╭──

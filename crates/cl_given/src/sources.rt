//! Sources of files.

ghost use Rattle.std.specs.Prelude.{OnOk};
ghost use Rattle.cl_source.specs.Puts.{TellsMore};

use crate::classes::{Named, bytes_of, class_name, file_bytes};
use crate::loaders::{APP, BOOT, PLUG};
use cl_model::{LoaderId, Untold};
use cl_source::{MemorySource, Telling};
use std::alloc::{AllocError, Global};

/// A service in `app` whose method takes a `p/T`, a class in `plug` that calls it, and a `p/T` in each.
pub const SHARED: [(u16, Named); 5] = [
    (BOOT, Named::Top),
    (APP, Named::Service),
    (APP, Named::T),
    (PLUG, Named::T),
    (PLUG, Named::User),
];

/// Puts bytes for a name of a loader.
pub fn put(
    alloc: Global,
    source: &mut MemorySource,
    loader: u16,
    name: &[u8],
    bytes: Vec<u8>,
) -> Result<(), AllocError>
    ensures { OnOk result (TellsMore source.old source.new loader name.now bytes.items) }
{
    let name = class_name(alloc, name)?;
    match source.put(alloc, LoaderId(loader), name, bytes) {
        Ok(()) => Ok(()),
        Err(refused) => {
            drop(refused);
            Err(AllocError)
        }
    }
}

/// Puts the files of these classes of these loaders.
fn put_classes(
    alloc: Global,
    source: &mut MemorySource,
    classes: &[(u16, Named)],
) -> Result<(), AllocError> {
    for (loader, name) in classes {
        let bytes = Vec::from_slice(alloc, file_bytes(*name))?;
        put(alloc, source, *loader, bytes_of(*name), bytes)?;
    }
    Ok(())
}

/// What has the files of these classes of these loaders, and can be given more.
pub fn source(alloc: Global, classes: &[(u16, Named)]) -> Result<MemorySource, AllocError> {
    let mut source = MemorySource::new(alloc);
    match put_classes(alloc, &mut source, classes) {
        Ok(()) => Ok(source),
        Err(fault) => {
            drop(source);
            Err(fault)
        }
    }
}

/// A source of the files of these classes of these loaders.
pub fn telling_source(
    alloc: Global,
    classes: &[(u16, Named)],
) -> Result<Telling<Untold>, AllocError> {
    Ok(source(alloc, classes)?.tell::<Untold>())
}
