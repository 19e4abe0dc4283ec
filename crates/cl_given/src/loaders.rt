//! Loaders, and scripts over them.

ghost use Rattle.std.specs.Prelude.{length, IfOk};
ghost use Rattle.cl_config.specs.Scripts.{HasLoaders};

use cl_config::{Config, Script};
use std::alloc::{AllocError, Global};
use std::sync::Arc;

/// Four loaders, of which `plug` looks at its own content first.
pub const LOADERS: &str =
    "[[loader]]\nname = \"boot\"\n[[loader]]\nname = \"app\"\nparent = \"boot\"\n[[loader]]\nname = \"plug\"\nparent = \"app\"\norder = \"child\"\n[[loader]]\nname = \"kid\"\nparent = \"app\"\n";

pub const BOOT: u16 = 0;

pub const APP: u16 = 1;

pub const PLUG: u16 = 2;

pub const KID: u16 = 3;

/// The configuration that a text is.
pub fn config(alloc: Global, text: &str) -> Result<Arc<Config>, AllocError> {
    match Config::read(alloc, text) {
        Ok(config) => Ok(Arc::new(alloc, config)?),
        Err(refused) => {
            drop(refused);
            Err(AllocError)
        }
    }
}

/// The script that a text is, of these loaders.
pub fn script(alloc: Global, config: &Arc<Config>, text: &str) -> Result<Arc<Script>, AllocError>
    ensures { IfOk result (λ s. HasLoaders (length config.now.value.loaders) s.value.requests) }
{
    let Ok(script) = Script::read(alloc, config, text) else {
        return Err(AllocError);
    };
    Ok(Arc::new(alloc, script)?)
}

╰──

**Aim of the exercise**
The lines to return are those in the entries above that include "TellsMore".

**Exercise answer**
ghost use Rattle.cl_source.specs.Puts.{TellsMore};
    ensures { OnOk result (TellsMore source.old source.new loader name.now bytes.items) }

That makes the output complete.